(Extracted entries begins)

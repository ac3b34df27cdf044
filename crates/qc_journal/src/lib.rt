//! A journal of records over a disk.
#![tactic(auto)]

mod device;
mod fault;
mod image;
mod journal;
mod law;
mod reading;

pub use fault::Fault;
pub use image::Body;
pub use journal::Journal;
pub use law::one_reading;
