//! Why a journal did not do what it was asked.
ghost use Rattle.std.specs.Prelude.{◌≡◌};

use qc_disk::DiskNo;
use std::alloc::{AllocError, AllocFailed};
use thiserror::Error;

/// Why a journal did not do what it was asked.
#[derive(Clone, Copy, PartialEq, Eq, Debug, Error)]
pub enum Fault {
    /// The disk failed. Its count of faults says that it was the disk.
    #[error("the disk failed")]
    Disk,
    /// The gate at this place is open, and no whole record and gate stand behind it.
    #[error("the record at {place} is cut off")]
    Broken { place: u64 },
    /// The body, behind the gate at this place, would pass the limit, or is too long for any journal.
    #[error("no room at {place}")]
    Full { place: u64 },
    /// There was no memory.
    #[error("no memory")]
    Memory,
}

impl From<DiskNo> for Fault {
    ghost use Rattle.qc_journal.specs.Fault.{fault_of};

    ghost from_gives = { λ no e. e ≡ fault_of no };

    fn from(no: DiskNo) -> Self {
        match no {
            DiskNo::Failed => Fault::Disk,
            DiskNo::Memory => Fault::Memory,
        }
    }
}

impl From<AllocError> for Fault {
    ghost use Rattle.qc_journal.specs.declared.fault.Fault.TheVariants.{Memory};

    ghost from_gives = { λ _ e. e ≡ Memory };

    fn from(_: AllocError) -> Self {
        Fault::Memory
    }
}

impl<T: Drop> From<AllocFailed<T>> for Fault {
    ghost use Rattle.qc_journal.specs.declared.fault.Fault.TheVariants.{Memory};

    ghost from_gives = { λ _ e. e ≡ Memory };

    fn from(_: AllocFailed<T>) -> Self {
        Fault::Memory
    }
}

(Extracted entries ends)

**What is being asked:** Would you copy out exactly the lines from the one holding "e ≡ fault_of" through the end of the entries above, both ends included?

**Exercise solution:**
    ghost from_gives = { λ no e. e ≡ fault_of no };

    fn from(no: DiskNo) -> Self {
        match no {
            DiskNo::Failed => Fault::Disk,
            DiskNo::Memory => Fault::Memory,
        }
    }
}

impl From<AllocError> for Fault {
    ghost use Rattle.qc_journal.specs.declared.fault.Fault.TheVariants.{Memory};

    ghost from_gives = { λ _ e. e ≡ Memory };

    fn from(_: AllocError) -> Self {
        Fault::Memory
    }
}

impl<T: Drop> From<AllocFailed<T>> for Fault {
    ghost use Rattle.qc_journal.specs.declared.fault.Fault.TheVariants.{Memory};

    ghost from_gives = { λ _ e. e ≡ Memory };

    fn from(_: AllocFailed<T>) -> Self {
        Fault::Memory
    }
}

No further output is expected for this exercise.